Exercise brief: Using the records below, filter for lines that contain the string "taken" and copy them out.
_ _ _
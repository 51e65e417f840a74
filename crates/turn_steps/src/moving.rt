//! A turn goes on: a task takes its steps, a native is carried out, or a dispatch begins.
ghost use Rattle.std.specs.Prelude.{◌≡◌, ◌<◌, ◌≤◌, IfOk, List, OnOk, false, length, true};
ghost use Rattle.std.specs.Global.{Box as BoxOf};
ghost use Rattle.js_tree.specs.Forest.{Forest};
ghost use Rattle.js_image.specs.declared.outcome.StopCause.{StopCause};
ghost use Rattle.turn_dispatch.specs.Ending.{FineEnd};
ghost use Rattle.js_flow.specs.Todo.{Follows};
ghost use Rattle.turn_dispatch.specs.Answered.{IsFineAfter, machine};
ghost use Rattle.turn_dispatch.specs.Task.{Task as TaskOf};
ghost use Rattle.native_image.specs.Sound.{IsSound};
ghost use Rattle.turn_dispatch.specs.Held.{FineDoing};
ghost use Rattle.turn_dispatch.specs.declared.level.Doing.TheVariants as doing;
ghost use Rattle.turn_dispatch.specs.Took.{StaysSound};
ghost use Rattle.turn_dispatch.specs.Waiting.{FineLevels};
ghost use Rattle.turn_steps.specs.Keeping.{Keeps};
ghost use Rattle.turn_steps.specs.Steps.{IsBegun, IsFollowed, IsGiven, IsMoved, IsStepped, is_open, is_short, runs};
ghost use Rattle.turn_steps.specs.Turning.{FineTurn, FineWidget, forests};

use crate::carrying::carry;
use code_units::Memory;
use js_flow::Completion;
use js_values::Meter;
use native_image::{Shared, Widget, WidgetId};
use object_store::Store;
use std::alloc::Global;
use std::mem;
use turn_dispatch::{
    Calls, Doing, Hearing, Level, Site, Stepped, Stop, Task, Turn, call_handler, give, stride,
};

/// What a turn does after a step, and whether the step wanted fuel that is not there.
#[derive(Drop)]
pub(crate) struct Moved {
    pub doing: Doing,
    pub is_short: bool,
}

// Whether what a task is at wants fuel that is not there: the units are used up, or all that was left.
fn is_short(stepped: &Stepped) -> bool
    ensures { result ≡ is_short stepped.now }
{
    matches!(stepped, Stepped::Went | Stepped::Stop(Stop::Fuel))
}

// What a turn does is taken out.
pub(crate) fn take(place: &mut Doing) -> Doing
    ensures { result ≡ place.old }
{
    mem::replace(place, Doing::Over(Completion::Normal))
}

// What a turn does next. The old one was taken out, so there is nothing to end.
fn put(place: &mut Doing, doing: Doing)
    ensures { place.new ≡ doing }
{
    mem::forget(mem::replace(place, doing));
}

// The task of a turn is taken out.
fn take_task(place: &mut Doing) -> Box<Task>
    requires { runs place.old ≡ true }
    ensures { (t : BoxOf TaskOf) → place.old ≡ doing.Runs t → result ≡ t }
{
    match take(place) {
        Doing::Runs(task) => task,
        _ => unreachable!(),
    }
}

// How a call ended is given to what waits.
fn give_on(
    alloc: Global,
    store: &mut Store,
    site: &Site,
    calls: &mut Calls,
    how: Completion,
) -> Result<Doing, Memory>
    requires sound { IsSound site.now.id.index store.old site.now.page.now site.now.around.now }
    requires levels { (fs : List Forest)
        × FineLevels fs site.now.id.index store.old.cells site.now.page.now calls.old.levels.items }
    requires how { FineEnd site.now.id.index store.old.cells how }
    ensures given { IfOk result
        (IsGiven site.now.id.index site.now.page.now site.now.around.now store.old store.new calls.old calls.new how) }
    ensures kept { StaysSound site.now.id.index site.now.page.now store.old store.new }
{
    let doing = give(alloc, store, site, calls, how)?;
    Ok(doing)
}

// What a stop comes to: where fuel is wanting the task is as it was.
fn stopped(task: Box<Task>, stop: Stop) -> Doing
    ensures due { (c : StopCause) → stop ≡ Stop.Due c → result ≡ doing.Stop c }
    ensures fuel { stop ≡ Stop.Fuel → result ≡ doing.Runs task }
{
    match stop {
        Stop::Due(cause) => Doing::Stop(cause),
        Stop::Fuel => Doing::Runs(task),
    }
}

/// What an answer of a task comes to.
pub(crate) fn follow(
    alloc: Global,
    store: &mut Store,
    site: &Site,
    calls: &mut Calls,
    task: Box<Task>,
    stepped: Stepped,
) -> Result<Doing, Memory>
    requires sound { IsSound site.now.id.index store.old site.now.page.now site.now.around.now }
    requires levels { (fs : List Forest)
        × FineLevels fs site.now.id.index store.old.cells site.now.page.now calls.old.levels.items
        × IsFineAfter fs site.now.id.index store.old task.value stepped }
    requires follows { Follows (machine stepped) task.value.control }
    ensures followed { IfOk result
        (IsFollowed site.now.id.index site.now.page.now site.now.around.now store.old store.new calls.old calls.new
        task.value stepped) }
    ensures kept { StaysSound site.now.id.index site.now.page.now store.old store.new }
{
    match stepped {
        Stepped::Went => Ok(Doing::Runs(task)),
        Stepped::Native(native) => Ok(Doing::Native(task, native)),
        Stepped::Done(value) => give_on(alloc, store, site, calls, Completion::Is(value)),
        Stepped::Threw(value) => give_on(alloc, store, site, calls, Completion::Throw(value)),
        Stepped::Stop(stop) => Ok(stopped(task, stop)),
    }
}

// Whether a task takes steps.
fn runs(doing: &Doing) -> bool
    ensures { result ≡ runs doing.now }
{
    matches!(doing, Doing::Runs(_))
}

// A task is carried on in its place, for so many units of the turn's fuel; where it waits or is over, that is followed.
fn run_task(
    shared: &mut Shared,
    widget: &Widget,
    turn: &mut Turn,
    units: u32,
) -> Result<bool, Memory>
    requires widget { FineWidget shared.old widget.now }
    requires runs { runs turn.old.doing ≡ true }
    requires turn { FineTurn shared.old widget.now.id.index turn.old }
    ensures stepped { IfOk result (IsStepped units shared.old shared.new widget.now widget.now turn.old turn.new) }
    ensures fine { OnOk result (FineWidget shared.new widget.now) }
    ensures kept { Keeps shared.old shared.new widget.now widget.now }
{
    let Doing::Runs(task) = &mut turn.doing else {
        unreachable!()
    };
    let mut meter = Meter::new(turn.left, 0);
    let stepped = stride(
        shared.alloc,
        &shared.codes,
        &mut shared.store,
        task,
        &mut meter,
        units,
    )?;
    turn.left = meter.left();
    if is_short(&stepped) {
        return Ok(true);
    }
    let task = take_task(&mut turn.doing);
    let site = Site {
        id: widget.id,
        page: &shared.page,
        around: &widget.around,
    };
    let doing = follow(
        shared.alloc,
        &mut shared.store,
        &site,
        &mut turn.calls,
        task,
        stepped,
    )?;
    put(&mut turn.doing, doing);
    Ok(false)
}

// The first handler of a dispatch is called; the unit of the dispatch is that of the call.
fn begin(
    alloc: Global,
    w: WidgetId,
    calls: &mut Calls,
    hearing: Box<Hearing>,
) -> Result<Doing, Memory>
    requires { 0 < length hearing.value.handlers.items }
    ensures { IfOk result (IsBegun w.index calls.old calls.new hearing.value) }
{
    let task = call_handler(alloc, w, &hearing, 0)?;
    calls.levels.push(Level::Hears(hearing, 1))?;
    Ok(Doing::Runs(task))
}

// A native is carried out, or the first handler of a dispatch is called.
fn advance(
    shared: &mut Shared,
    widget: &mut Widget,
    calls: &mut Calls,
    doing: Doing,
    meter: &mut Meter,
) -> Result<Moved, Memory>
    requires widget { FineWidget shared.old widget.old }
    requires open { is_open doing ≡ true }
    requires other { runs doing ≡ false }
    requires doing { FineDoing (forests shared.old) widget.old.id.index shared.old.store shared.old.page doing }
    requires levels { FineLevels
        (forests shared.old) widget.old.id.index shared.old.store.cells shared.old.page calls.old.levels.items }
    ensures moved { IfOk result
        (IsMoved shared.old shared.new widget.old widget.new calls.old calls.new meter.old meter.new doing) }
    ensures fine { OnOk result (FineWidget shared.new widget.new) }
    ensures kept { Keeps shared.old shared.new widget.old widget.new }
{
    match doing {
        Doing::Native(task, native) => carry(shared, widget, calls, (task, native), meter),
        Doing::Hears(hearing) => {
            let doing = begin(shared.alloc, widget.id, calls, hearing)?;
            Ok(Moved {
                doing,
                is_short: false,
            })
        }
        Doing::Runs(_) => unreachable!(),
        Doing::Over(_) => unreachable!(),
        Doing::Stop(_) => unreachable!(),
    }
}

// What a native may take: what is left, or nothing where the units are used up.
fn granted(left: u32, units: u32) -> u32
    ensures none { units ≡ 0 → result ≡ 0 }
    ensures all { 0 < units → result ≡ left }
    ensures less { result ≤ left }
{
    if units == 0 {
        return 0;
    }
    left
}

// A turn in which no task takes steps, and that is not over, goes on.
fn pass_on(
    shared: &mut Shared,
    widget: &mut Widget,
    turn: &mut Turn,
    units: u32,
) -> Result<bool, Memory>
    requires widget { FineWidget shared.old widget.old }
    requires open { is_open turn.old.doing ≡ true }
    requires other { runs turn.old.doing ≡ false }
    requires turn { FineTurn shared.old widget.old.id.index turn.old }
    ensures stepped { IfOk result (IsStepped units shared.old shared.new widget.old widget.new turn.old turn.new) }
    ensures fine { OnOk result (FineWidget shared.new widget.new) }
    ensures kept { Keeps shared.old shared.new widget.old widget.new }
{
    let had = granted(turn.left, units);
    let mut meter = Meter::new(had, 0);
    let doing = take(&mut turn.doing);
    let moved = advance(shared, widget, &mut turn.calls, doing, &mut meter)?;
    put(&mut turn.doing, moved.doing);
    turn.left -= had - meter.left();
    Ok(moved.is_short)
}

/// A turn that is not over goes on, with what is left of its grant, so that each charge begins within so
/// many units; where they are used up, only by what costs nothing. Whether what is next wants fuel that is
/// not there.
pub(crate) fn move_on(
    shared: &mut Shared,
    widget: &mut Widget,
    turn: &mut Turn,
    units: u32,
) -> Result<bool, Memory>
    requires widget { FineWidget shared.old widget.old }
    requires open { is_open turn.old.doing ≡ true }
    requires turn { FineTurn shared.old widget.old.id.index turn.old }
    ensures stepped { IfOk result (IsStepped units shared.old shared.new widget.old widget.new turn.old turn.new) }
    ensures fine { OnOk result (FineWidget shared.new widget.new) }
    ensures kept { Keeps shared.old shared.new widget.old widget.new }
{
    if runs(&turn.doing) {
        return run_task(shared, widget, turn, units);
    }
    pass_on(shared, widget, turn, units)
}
_ _ _
Completed task:
// What a turn does is taken out.
// What a turn does next. The old one was taken out, so there is nothing to end.
// The task of a turn is taken out.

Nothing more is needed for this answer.